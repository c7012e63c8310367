// Finds a plan for a site by any way that is proved, or says by which way it is shown that there is none.
//
// What it costs: the greedy planner; where that finds no room, the heaviest set of cells that clash with one another; then the numbering, and the plan of the
// renumbered site in 2,048 words of local room; then the search, up to the limit.
#![tactic(auto)]

ghost use Rattle.std.specs.Prelude.{◌≡◌, ◌++◌, ◌*◌, ◌≤◌, length, drop, Ok};
ghost use Rattle.theory.specs.Net.{room};
ghost use Rattle.laws.specs.Bits.{bit_at};
ghost use Rattle.theory.specs.Full.{weight};
ghost use Rattle.theory.specs.Greedy.{greedy};
ghost use Rattle.site.specs.Record.{fault_of, positions};
ghost use Rattle.site.specs.Reach.{net_of};
ghost use Rattle.wordforms.specs.Words.{sends_at, bytes_of};
ghost use Rattle.renumbering.specs.Numbering.{numbering, index_at};
ghost use Rattle.numberrows.specs.Numbers.{NamesCells};
ghost use Rattle.finding.specs.Found.{over_full, found_anew, found_sought, found_numbered, found_else};
ghost use Rattle.finder.specs.Find.{finding_answer, GaveUp, finding_leaves, search_refused, find_answer, find_table, over_full_answer};
ghost use Rattle.finder.specs.declared.FindError.TheVariants.{Record};

use loads::loads_of_many;
use numbering::RenumberError;
use numberrows::{all_clash, cell_at};
use planner::PlanError;
use positions::open_count;
use search::SearchError;
use site::{Fault, Site};
use wordforms::lay_row;

// By which way `find` has found a plan: the greedy one, that of the renumbered site, or one by search, with its tries.
#[derive(Clone, Copy)]
pub enum Way {
    Greedy,
    Renumbered,
    Searched(u64),
}

// Why `find` gives no plan. None: these cells are over, the renumbered site has no room, or the search is exhausted, with its tries. Not known, with the tries
// made. 4, the table is short; or what is wrong with the record.
#[derive(Clone, Copy)]
pub enum FindError {
    Full(u32),
    FullInClass,
    FullSearched(u64),
    NotKnown(u64),
    TableShort,
    Record(Fault),
}

impl From<Fault> for FindError {
    ghost from_gives = { λ f e. e ≡ Record f };

    fn from(fault: Fault) -> FindError {
        FindError::Record(fault)
    }
}

impl From<SearchError> for FindError {
    ghost from_gives = { λ r e. e ≡ search_refused r };

    fn from(refused: SearchError) -> FindError {
        match refused {
            SearchError::Full(tries) => FindError::FullSearched(tries),
            SearchError::Limit(tries) => FindError::NotKnown(tries),
            SearchError::TooMany => FindError::NotKnown(0),
            SearchError::TableShort => FindError::TableShort,
            SearchError::Record(fault) => FindError::Record(fault),
        }
    }
}

// Whether a set of cells is over, with the load of those that the site has.
#[derive(Clone, Copy)]
pub enum OverFull {
    Over(usize),
    Within(usize),
}

// Writes the rows of a table in old numbers from words in new numbers: row i from the bit of its new number.
fn lay_back(table: &mut [u8], words: &[u32], new: [u16; 32], n: usize, cells: usize)
    requires { (cells ≤ 32) × (n ≤ length words.now) × (cells * n ≤ length table.old) × NamesCells cells new }
    ensures { table.new ≡ bytes_of cells n (λ i k. sends_at words.now (index_at new i) k) ++ drop (cells * n) table.old }
{
    for i in 0..cells {
        let from = i * n;
        let to = from + n;
        let a = cell_at(&new, i);
        lay_row(&mut table[from..to], words, a);
    }
}

// Plans the renumbered site, and carries the plan back.
#[tactic(auto, using(crate::proofs::Numbered::carried_back))]
fn plan_back(site: Site, moved: Site, new: [u16; 32], table: &mut [u8]) -> Result<Way, FindError>
    requires gave_up { GaveUp site table.old }
    requires moved_value { (fault_of moved ≡ Ok tt) × (moved.cells ≡ site.cells) × (positions moved ≡ positions site) × NamesCells site.cells new }
    ensures answer { result ≡ finding_answer 0 (found_anew new (greedy (net_of moved))) }
    ensures table { table.new ≡ finding_leaves site (found_anew new (greedy (net_of moved))) table.old }
{
    let mut words = [0u32; 2048];
    let Ok(()) = wordtable::plan_words(moved, &mut words) else {
        return Err(FindError::FullInClass);
    };
    let n = (site.slots as usize) * (site.channels as usize);
    lay_back(table, &words, new, n, site.cells as usize);
    Ok(Way::Renumbered)
}

// The search, where there is no numbering.
#[tactic(auto, using(crate::proofs::BySearch::by_the_search))]
fn find_sought(site: Site, limit: u64, table: &mut [u8]) -> Result<Way, FindError>
    requires { GaveUp site table.old }
    ensures answer { result ≡ finding_answer limit (found_sought (net_of site) limit) }
    ensures table { table.new ≡ finding_leaves site (found_sought (net_of site) limit) table.old }
{
    let tries = search::search(site, limit, table)?;
    Ok(Way::Searched(tries))
}

// The numbering, where no set of cells is over.
#[tactic(auto, using(crate::proofs::Numbered::by_numbers))]
fn find_numbered(site: Site, limit: u64, table: &mut [u8]) -> Result<Way, FindError>
    requires { GaveUp site table.old }
    ensures answer { result ≡ finding_answer limit (found_numbered (net_of site) limit (numbering 32 (net_of site).clash site.cells)) }
    ensures table { table.new ≡ finding_leaves site (found_numbered (net_of site) limit (numbering 32 (net_of site).clash site.cells)) table.old }
{
    let found = numbering::renumber(site);
    match found.answer {
        Ok(()) => plan_back(site, found.site, found.new, table),
        Err(RenumberError::NoNumbering) => find_sought(site, limit, table),
        Err(RenumberError::Record(fault)) => Err(FindError::Record(fault)),
    }
}

// How many positions of a site are open.
#[tactic(auto, using(planner::proofs::Answer::accepted_record))]
fn open_of(site: Site) -> usize
    requires { fault_of site ≡ Ok tt }
    ensures { result ≡ room (net_of site) }
{
    let n = (site.slots as usize) * (site.channels as usize);
    let blocked = site.blocked;
    open_count(&blocked, n)
}

// What is found where the greedy planner finds no room: the heaviest set is over, or the other ways say it.
#[tactic(auto, using(crate::proofs::Numbered::by_the_heaviest))]
fn find_else(site: Site, limit: u64, table: &mut [u8]) -> Result<Way, FindError>
    requires { GaveUp site table.old }
    ensures answer { result ≡ finding_answer limit (found_else (net_of site) limit) }
    ensures table { table.new ≡ finding_leaves site (found_else (net_of site) limit) table.old }
{
    let (load, cells) = heaviest::heaviest(site)?;
    let open = open_of(site);
    if open < load {
        return Err(FindError::Full(cells));
    }
    find_numbered(site, limit, table)
}

// A plan of a site by any proved way, in the lent table, or why there is none: the answer for any site, any limit and any table.
#[tactic(auto, using(crate::proofs::Ways::by_the_planner))]
pub fn find(site: Site, limit: u64, table: &mut [u8]) -> Result<Way, FindError>
    ensures answer { result ≡ find_answer site limit table.old }
    ensures table { table.new ≡ find_table site limit table.old }
{
    match planner::plan(site, table) {
        Ok(()) => Ok(Way::Greedy),
        Err(PlanError::TableShort) => Err(FindError::TableShort),
        Err(PlanError::NoRoom(_, _)) => find_else(site, limit, table),
        Err(PlanError::Record(fault)) => Err(FindError::Record(fault)),
    }
}

// The load of those of these cells that an accepted site has, with bit i for the cell at index i. The places of other cells hold 0.
#[tactic(auto, using(crate::proofs::Cells::load_is))]
fn load_in(site: Site, cells: u32) -> usize
    requires { fault_of site ≡ Ok tt }
    ensures { result ≡ weight (net_of site) (bit_at cells) }
{
    let loads = site.loads;
    loads_of_many(&loads, cells) as usize
}

// Whether these cells are an accepted site's, clash with one another, and have more load than there are open positions.
#[tactic(auto, using(crate::proofs::Cells::by_rows, planner::proofs::Answer::accepted_record))]
fn is_over(site: Site, cells: u32, load: usize) -> bool
    requires site_value { fault_of site ≡ Ok tt }
    requires load_value { load ≡ weight (net_of site) (bit_at cells) }
    ensures { result ≡ over_full (net_of site) cells }
{
    let count = site.cells as usize;
    if (cells as u64) >> count != 0 {
        return false;
    }
    let clash = site.clash_rows();
    if !all_clash(&clash, cells) {
        return false;
    }
    let open = open_of(site);
    open < load
}

// Whether a set of cells is over, and its load: where it is, no table of the site is valid.
#[tactic(auto, unfolding(crate::specs::Find::over_full_answer))]
pub fn over_full(site: Site, cells: u32) -> Result<OverFull, Fault>
    ensures { result ≡ over_full_answer site cells }
{
    site.accepted()?;
    let load = load_in(site, cells);
    if is_over(site, cells, load) {
        return Ok(OverFull::Over(load));
    }
    Ok(OverFull::Within(load))
}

★ ★ ★

(WHAT IS REQUIRED): Which lines of the records contain "PlanError"? Show each of them.

(THE COMPLETED TASK):
use planner::PlanError;
        Err(PlanError::TableShort) => Err(FindError::TableShort),
        Err(PlanError::NoRoom(_, _)) => find_else(site, limit, table),
        Err(PlanError::Record(fault)) => Err(FindError::Record(fault)),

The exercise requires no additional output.